Refer to the SAP HANA Troubleshooting: Networking Performance and Connectivity Problems site for detailed troubleshooting steps.
From an end-user perspective, an application (or the system as a whole) runs sluggishly, is unresponsive, or can even seem to hang if there are issues with I/O performance. In the Volumes tab in SAP HANA Studio, you can see the attached volumes, and what volumes are used by each service.
Attached volumes in the lower part of the screen you can see details of the volumes, such as files and I/O statistics.
Refer to the SAP HANA Troubleshooting: I/O Related Root Causes and Solutions and SAP HANA Troubleshooting: Disk Related Root Causes and Solutions site for detailed troubleshooting steps.
Perform an SAP HANA Health Check through HANA_Configuration_Minichecks. This tool returns potentially critical technical issues that should have already been raised as alerts in SAP HANA Studio.
Refer to SAP Note #1969700 – SQL statement collection for SAP HANA and download the SQL Statements.zip file attached to that note. Store this .zip file on the local hard drive.
In SAP HANA Studio, on the System Information tab, right-click in the Name column and select Import SQL Statements.
Select the SQL Statements.zip file stored locally, and a folder with the corresponding SQL statements will be imported. At this point, the many different diagnostic checks can be run with these SQL statements.
For example, to test SAP HANA System Replication bandwidth requirements, right-click the Bandwidth statement under Replication: Bandwidth and select Open in SQL Console.

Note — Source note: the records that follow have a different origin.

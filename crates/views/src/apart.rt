// The commits by which a view differs from another: those that wrote a version that it holds and the other lacks. They are found commit by commit: where one of
// these versions is met, all that its writer wrote is taken at once.
ghost use Rattle.std.specs.Prelude.{◌≡◌, ℕ, ◌+◌, ◌<◌, ◌≤◌, T, length};
ghost use Rattle.sets.specs.Set.{has};
ghost use Rattle.store.specs.Limits.{max_keys, numbers};
ghost use Rattle.store.specs.Store.{View, Store};
ghost use Rattle.state.specs.Places.{owned_place};
ghost use Rattle.state.specs.Room.{VersionsRoom};
ghost use Rattle.state.specs.Keeps.{IsSet};
ghost use Rattle.state.specs.Rows.{RowAt};
ghost use Rattle.views.specs.Parted.{minus, Versions, Parted, Parting, PartedAt, Subtracted, RowTaken, LackedBelow};

use state::{CommitNumber, Key};

// The commits with a version in a set of versions, and those of them with another version, which is not in it.
#[derive(Clone, Copy)]
pub struct Writers {
    pub all: u64,
    pub half: u64,
}

// What the masks at `base` hold and those at `other` do not, of each key; answers that of all keys together. All keys are looked at, with no branch.
fn subtract(
    masks: &[u64],
    base: usize,
    others: &[u64],
    other: usize,
    left: &mut [u64],
    n: usize,
) -> u64
    requires { (n ≤ max_keys) × (base + n ≤ length masks.now) × (other + n ≤ length others.now) × (length left.old ≡ max_keys) }
    ensures { Subtracted masks.now base others.now other n left.new result }
{
    let mut any = 0u64;
    for k in 0..n {
        let word = sets::without(masks[base + k], others[other + k]);
        left[k] = word;
        any = sets::union(any, word);
    }
    any
}

// What commit t wrote is taken out of the versions that are left; answers what these lack of it, of all keys together. All keys are looked at, with no branch.
fn take_row(versions: &[u64], left: &mut [u64], t: CommitNumber, n: usize) -> u64
    requires { (n ≤ max_keys) × VersionsRoom versions.now × (length left.old ≡ max_keys) × (t.0 < numbers) }
    ensures { RowTaken versions.now (owned_place t.0 0) n left.old left.new × IsSet result (LackedBelow versions.now (owned_place t.0 0) left.old n) }
{
    let row = state::OWNED + state::PER_COMMIT * t.0;
    let mut lacks = 0u64;
    for k in 0..n {
        let own = versions[row + k];
        let word = left[k];
        lacks = sets::union(lacks, sets::without(own, word));
        left[k] = sets::without(word, own);
    }
    lacks
}

// The commits with a version of key k that is left, added to those that were found. What is met is passed whatever the rows hold, so that the loop ends.
fn take_key(versions: &[u64], left: &mut [u64], k: Key, n: usize, found: Writers) -> Writers
    requires { (n ≤ max_keys) × VersionsRoom versions.now × (length left.old ≡ max_keys) × (k.0 < n) }
    ensures { (length left.new ≡ max_keys)
        × ((s : Store) (d : View) → Versions s d n versions.now → Parting s d n left.old found.all found.half
        → Parting s d n left.new result.all result.half × ((t : ℕ) → T (has found.all t) → T (has result.all t)) × PartedAt s d result.all k.0) }
{
    let i = k.0;
    let mut all = found.all;
    let mut half = found.half;
    let mut met = left[i];
    while met != 0 {
        let v = sets::lowest(met);
        let t = state::writer_of(versions[state::PER_KEY * i + v]);
        let lacks = take_row(versions, left, t, n);
        all = sets::insert(all, t.0);
        if lacks != 0 {
            half = sets::insert(half, t.0);
        }
        met = left[i] & sets::rest(met);
    }
    Writers { all, half }
}

// The commits with a version that is left, of any key.
fn take_all(versions: &[u64], left: &mut [u64], n: usize) -> Writers
    requires { (n ≤ max_keys) × VersionsRoom versions.now × (length left.old ≡ max_keys) }
    ensures { (s : Store) (d : View) → Versions s d n versions.now → RowAt n left.old 0 d → Parted s d result.all result.half }
{
    let mut found = Writers { all: 0, half: 0 };
    for k in 0..n {
        found = take_key(versions, left, Key(k), n, found);
    }
    found
}

// The commits with a version that the view at `base` holds and the one at `other` does not; and those of them with another version.
pub fn beyond(
    versions: &[u64],
    masks: &[u64],
    base: usize,
    others: &[u64],
    other: usize,
    n: usize,
) -> Writers
    requires { (n ≤ max_keys) × VersionsRoom versions.now × (base + n ≤ length masks.now) × (other + n ≤ length others.now) }
    ensures { (s : Store) (a b : View) → Versions s (minus a b) n versions.now → RowAt n masks.now base a → RowAt n others.now other b
        → Parted s (minus a b) result.all result.half }
{
    let mut left = [0u64; store::Store::KEYS];
    if subtract(masks, base, others, other, &mut left, n) == 0 {
        return Writers { all: 0, half: 0 };
    }
    take_all(versions, &mut left, n)
}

The complete SQL statement opens allowing input parameters (modification section) to be changed and then executed.
Another example is right-clicking on the statements under Replication: Overview. Select Execute from the context menu:
This results in information that helps with troubleshooting:
Do the same for HANA_Configuration_Minichecks and check for any X marks in the C (Critical) column.
HANA_Configuration_MiniChecks_Rev102.01+1 for general SAP HANA checks.
HANA_Services_Overview for an overview of what SAP HANA services are currently running.
HANA_Services_Statistics for SAP HANA service information (CPU, memory, etc.).
HANA_Configuration_Overview_Rev110+ for general information on the SAP HANA instance.
HANA_Configuration_Parameters_Rev70+ to check SAP HANA parameters.